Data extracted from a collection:
—————
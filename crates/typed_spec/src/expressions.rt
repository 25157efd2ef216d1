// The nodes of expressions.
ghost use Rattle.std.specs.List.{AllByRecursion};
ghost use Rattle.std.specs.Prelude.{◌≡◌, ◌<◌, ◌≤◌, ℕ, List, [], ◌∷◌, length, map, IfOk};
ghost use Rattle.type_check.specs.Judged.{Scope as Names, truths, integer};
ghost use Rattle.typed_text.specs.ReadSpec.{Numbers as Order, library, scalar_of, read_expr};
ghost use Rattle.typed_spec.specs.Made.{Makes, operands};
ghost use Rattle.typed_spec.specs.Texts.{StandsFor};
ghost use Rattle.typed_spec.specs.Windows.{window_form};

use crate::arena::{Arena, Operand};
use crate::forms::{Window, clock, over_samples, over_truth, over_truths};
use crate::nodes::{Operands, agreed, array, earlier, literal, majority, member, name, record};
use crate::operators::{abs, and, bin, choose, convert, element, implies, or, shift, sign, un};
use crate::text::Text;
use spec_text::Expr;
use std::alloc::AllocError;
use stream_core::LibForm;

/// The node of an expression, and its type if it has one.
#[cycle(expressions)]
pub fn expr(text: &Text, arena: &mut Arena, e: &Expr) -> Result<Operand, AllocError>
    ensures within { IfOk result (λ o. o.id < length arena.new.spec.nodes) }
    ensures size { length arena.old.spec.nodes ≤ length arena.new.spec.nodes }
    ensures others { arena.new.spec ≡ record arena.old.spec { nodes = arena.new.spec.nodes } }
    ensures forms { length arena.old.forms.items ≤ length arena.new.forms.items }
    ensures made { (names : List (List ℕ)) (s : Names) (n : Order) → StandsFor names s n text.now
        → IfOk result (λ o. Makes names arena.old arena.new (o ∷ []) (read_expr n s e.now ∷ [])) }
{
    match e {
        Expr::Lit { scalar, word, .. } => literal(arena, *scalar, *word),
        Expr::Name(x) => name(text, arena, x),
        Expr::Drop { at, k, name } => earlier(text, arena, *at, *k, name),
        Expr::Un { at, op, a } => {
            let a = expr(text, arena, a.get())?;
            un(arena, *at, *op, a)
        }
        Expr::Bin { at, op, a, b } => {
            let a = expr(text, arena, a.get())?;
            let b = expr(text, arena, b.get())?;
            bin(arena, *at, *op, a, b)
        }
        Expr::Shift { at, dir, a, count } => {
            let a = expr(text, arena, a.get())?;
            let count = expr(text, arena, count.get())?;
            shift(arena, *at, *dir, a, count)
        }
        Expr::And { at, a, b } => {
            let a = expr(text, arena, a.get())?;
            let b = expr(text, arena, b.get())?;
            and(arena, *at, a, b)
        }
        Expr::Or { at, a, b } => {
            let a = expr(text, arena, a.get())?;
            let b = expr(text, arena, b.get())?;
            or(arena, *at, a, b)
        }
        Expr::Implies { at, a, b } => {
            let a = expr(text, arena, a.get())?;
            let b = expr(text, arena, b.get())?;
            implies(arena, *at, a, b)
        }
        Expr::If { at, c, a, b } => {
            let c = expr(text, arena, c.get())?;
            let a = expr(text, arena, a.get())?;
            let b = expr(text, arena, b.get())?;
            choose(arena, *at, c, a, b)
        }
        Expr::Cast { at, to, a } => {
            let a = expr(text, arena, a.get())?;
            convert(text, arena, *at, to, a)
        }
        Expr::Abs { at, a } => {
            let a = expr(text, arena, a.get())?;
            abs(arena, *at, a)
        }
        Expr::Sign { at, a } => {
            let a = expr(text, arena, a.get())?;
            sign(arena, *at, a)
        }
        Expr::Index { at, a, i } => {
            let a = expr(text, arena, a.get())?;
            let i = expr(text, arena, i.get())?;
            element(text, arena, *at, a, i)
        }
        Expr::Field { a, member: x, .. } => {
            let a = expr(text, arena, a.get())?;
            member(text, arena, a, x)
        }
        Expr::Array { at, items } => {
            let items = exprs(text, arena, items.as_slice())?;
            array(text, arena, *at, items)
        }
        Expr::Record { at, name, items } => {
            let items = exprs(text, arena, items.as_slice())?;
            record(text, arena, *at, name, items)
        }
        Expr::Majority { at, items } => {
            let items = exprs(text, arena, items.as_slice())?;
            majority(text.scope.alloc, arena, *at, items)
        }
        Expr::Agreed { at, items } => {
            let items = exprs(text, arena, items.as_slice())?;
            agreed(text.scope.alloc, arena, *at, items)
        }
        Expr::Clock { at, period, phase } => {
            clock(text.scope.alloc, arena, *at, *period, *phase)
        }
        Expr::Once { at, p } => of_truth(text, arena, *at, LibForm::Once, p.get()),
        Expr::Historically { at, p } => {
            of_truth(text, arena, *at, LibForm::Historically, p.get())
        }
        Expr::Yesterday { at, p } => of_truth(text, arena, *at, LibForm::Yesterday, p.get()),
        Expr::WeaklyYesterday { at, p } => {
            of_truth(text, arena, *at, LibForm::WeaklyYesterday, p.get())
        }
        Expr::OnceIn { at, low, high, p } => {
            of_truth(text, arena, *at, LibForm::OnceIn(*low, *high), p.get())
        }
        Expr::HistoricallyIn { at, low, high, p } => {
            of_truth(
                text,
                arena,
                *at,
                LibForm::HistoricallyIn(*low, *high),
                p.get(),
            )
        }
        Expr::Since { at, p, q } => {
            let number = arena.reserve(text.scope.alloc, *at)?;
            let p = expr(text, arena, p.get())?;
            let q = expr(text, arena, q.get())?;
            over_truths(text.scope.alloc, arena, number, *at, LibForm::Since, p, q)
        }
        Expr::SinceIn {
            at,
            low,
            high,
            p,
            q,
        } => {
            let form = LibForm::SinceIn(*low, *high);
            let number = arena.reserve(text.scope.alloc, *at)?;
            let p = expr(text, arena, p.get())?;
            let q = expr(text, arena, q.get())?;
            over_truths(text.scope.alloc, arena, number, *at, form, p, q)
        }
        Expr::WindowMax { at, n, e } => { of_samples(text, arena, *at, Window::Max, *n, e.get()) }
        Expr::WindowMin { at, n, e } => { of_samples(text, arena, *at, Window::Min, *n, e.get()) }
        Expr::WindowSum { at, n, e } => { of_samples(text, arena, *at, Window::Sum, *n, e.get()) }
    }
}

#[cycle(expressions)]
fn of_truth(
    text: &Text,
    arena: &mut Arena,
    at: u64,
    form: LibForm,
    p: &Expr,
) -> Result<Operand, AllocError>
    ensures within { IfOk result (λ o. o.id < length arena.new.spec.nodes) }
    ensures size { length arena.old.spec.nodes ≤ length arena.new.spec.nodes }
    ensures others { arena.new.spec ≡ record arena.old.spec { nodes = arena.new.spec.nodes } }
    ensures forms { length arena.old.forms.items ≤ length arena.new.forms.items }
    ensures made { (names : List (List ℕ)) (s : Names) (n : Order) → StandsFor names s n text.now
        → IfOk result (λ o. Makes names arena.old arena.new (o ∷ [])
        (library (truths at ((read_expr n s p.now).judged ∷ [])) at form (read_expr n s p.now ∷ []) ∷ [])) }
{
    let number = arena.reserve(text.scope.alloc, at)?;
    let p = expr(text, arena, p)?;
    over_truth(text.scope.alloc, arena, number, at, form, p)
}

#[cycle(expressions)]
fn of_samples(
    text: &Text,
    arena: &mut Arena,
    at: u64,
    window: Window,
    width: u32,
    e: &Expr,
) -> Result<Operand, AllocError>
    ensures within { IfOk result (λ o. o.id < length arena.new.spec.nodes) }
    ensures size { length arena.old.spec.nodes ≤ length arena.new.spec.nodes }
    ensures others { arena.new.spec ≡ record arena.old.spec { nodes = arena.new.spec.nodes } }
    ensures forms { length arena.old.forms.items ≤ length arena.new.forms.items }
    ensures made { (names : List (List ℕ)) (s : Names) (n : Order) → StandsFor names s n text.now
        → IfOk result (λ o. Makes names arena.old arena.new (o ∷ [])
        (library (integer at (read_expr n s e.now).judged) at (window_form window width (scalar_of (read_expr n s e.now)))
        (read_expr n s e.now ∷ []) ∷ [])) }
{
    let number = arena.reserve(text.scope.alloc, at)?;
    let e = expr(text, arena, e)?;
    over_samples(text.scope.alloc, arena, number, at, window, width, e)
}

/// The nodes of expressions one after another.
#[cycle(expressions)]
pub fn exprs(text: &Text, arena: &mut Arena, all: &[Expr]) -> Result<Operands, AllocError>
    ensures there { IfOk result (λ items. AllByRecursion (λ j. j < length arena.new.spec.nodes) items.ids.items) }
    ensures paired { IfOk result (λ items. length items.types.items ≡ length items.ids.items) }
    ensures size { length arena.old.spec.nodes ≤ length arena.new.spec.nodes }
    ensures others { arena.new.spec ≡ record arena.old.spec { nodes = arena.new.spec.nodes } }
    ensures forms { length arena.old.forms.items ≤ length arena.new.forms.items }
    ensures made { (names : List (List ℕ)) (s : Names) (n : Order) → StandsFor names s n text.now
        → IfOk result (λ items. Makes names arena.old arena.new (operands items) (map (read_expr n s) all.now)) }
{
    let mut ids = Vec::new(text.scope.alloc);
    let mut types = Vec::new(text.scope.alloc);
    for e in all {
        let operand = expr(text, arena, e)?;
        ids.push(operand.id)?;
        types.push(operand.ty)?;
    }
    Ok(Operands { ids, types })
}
—————
* _Required action_: If a line of the data above holds the string "LibForm", count it, then give only the final number.

* _Result_: 10